→ WHAT THE TASK ASKS: In the data below, find each line that contains the word "last" and copy it.

--

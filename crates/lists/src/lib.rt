// The observations and the requested distances of a run, each list in the first places of arrays of 64; and changes of the latter and of their rows.
#![tactic(auto)]

ghost use Rattle.std.specs.Prelude.{◌≡◌, ◌≤◌, T, take};
ghost use Rattle.definition.specs.Whole.{edited, edited_numbers, edited_rows, placed};
ghost use Rattle.likelihood.specs.Columns.{observations_in};
ghost use Rattle.stencil.specs.Stencil.{rows_at};
ghost use Rattle.lists.specs.Lists.{HasWanted, observations_at, requested_in, places_of, drops_in, shots_from, wanted_from};
ghost use Rattle.lists.specs.Changing.{edit_of, place_of, entry_in, size_after, roomy, rows_from};

use definition::{Row, TruingPredictionRequestV1, WeightedTruingObservationV1};
use likelihood::Columns;
use stencil::StencilRows;

// Kept: arrays with a length beside them. `Shots` is the form that docs/DECISIONS.md 54 names, and `Wanted` goes with it: a FixedList would give the session a
// model, and each function that passes one on twice a proof by hand.
// The observations, in the first n places.
#[derive(Clone, Copy)]
pub struct Shots {
    pub ranges: [f64; 64],
    pub drops: [f64; 64],
    pub sigmas: [f64; 64],
    pub n: usize,
}

// The requested distances, in the first n places.
#[derive(Clone, Copy)]
pub struct Wanted {
    pub entries: [TruingPredictionRequestV1; 64],
    pub n: usize,
}

// What stands in the places past the last requested distance.
const NO_REQUEST: TruingPredictionRequestV1 = TruingPredictionRequestV1 {
    range_yd: 0.0,
    future_observation_sigma: None,
};

// ---- the lists of a request

// The drops of a reply in the first places of an array, 0 in place of a missing one.
pub fn drops_of(entries: &[Option<f64>]) -> [f64; 64]
    ensures { result ≡ places_of (drops_in entries.now) }
{
    let mut drops = [0.0; 64];
    likelihood::lay_drops(&mut drops, entries);
    drops
}

impl Shots {
    #[tactic(auto, using(crate::proofs::Arrays::column_suc, crate::proofs::Arrays::column_all))]
    pub fn new(observations: &[WeightedTruingObservationV1]) -> Shots
        ensures { result ≡ shots_from observations.now }
    {
        let mut shots = Shots {
            ranges: [0.0; 64],
            drops: [0.0; 64],
            sigmas: [0.0; 64],
            n: observations.len(),
        };
        let n = observations.len().min(64);
        for i in 0..n {
            let o = observations[i];
            shots.ranges[i] = o.range_yd;
            shots.drops[i] = o.drop;
            shots.sigmas[i] = o.sigma;
        }
        shots
    }

    // The observations in columns.
    pub fn columns(&self) -> Columns<'_>
        ensures observations { observations_in result ≡ observations_at self.now }
        ensures ranges { result.ranges.now ≡ take self.now.n self.now.ranges }
    {
        Columns {
            ranges: slices::first_places(&self.ranges, self.n),
            drops: slices::first_places(&self.drops, self.n),
            sigmas: slices::first_places(&self.sigmas, self.n),
        }
    }
}

impl Wanted {
    #[tactic(auto, using(crate::proofs::Arrays::laid_first))]
    pub fn new(requested: &[TruingPredictionRequestV1]) -> Wanted
        ensures { result ≡ wanted_from requested.now }
    {
        let mut entries = [NO_REQUEST; 64];
        let n = requested.len().min(64);
        entries[..n].copy_from_slice(&requested[..n]);
        Wanted {
            entries,
            n: requested.len(),
        }
    }

    // The requested distances.
    pub fn as_slice(&self) -> &[TruingPredictionRequestV1]
        ensures { result.now ≡ requested_in self.now }
    {
        slices::first_places(&self.entries, self.n)
    }
}

// Whether a distance is requested.
#[tactic(auto, using(crate::proofs::Arrays::wanted_some))]
pub fn has_wanted(w: Wanted) -> bool
    ensures { HasWanted w result }
{
    w.n != 0
}

// ---- a change of the requested distances

// A requested distance put in at a place, taken out of it, or exchanged there; places are counted from 1.
#[derive(Clone, Copy, PartialEq)]
pub enum Change {
    PutIn(usize, TruingPredictionRequestV1),
    TakeOut(usize),
    Exchange(usize, TruingPredictionRequestV1),
}

impl Change {
    // The place, counted from 1.
    pub fn place(self) -> usize
        ensures { result ≡ place_of (edit_of self) }
    {
        match self {
            Change::PutIn(place, _) | Change::TakeOut(place) | Change::Exchange(place, _) => place,
        }
    }

    // The new distance, if the change brings one.
    pub fn entry(self) -> Option<TruingPredictionRequestV1>
        ensures { result ≡ entry_in (edit_of self) }
    {
        match self {
            Change::PutIn(_, entry) | Change::Exchange(_, entry) => Some(entry),
            Change::TakeOut(_) => None,
        }
    }

    // Whether the place is one of a list of n. Putting in also takes the place after the last.
    #[tactic(auto, using(crate::proofs::Changes::before_end))]
    pub fn is_placed(self, n: usize) -> bool
        ensures { result ≡ placed (edit_of self) n }
    {
        match self {
            Change::PutIn(i, _) => (1 <= i) & (i.saturating_sub(1) <= n),
            Change::TakeOut(i) | Change::Exchange(i, _) => (1 <= i) & (i <= n),
        }
    }

    // Whether the edited list has a place for each of its entries.
    pub fn has_room(self, n: usize) -> bool
        ensures { result ≡ roomy (edit_of self) n }
    {
        match self {
            Change::PutIn(_, _) => n < 64,
            Change::TakeOut(_) | Change::Exchange(_, _) => true,
        }
    }

    // Kept: `n ≤ 64` is an antecedent here and below. A `Wanted` that no call made has any n; with an invariant it could not be built so.
    // The size of the list of n afterwards.
    fn size_after(self, n: usize) -> usize
        ensures { n ≤ 64 → result ≡ size_after (edit_of self) n }
    {
        match self {
            Change::PutIn(_, _) => n.saturating_add(1),
            Change::TakeOut(_) => n.saturating_sub(1),
            Change::Exchange(_, _) => n,
        }
    }

    // The first n of an array with x at the place of the change, or without the one there.
    #[tactic(auto, using(crate::proofs::Changes::put_places, crate::proofs::Changes::took_places, crate::proofs::Changes::set_places))]
    fn applied<A: Copy>(self, old: [A; 64], n: usize, x: A) -> [A; 64]
        ensures { n ≤ 64 → T (placed (edit_of self) n) → T (roomy (edit_of self) n) → take (size_after (edit_of self) n) result ≡ edited_numbers (edit_of self) x (take n old) }
    {
        match self {
            Change::PutIn(i, _) => array_edits::inserted(old, n, i.saturating_sub(1), x),
            Change::TakeOut(i) => array_edits::removed(old, n, i.saturating_sub(1)),
            Change::Exchange(i, _) => array_edits::exchanged(old, i.saturating_sub(1), x),
        }
    }
}

// The list with the change made, where it fits.
#[tactic(auto, using(crate::proofs::Changes::edited_as))]
pub fn changed_wanted(w: Wanted, change: Change) -> Wanted
    ensures { w.n ≤ 64 → T (placed (edit_of change) w.n) → T (roomy (edit_of change) w.n) → (requested_in result ≡ edited (edit_of change) (requested_in w)) × (result.n ≡ size_after (edit_of change) w.n) }
{
    let entry = change.entry().unwrap_or(NO_REQUEST);
    Wanted {
        entries: change.applied(w.entries, w.n, entry),
        n: change.size_after(w.n),
    }
}

// The rows of n distances with the same change made, the new distance's row in its place.
pub fn changed_rows(rows: StencilRows<64>, n: usize, change: Change, row: Row) -> StencilRows<64>
    ensures { n ≤ 64 → T (placed (edit_of change) n) → T (roomy (edit_of change) n) → rows_at (size_after (edit_of change) n) result ≡ edited_rows (edit_of change) (rows_from row) (rows_at n rows) }
{
    StencilRows {
        predicted: change.applied(rows.predicted, n, row.predicted_drop),
        by_mv: change.applied(rows.by_mv, n, row.d_drop_d_mv),
        by_bc: change.applied(rows.by_bc, n, row.d_drop_d_bc),
        gap: 0,
    }
}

--

→ REPLY TO THE TASK:
// What stands in the places past the last requested distance.
    // Whether the place is one of a list of n. Putting in also takes the place after the last.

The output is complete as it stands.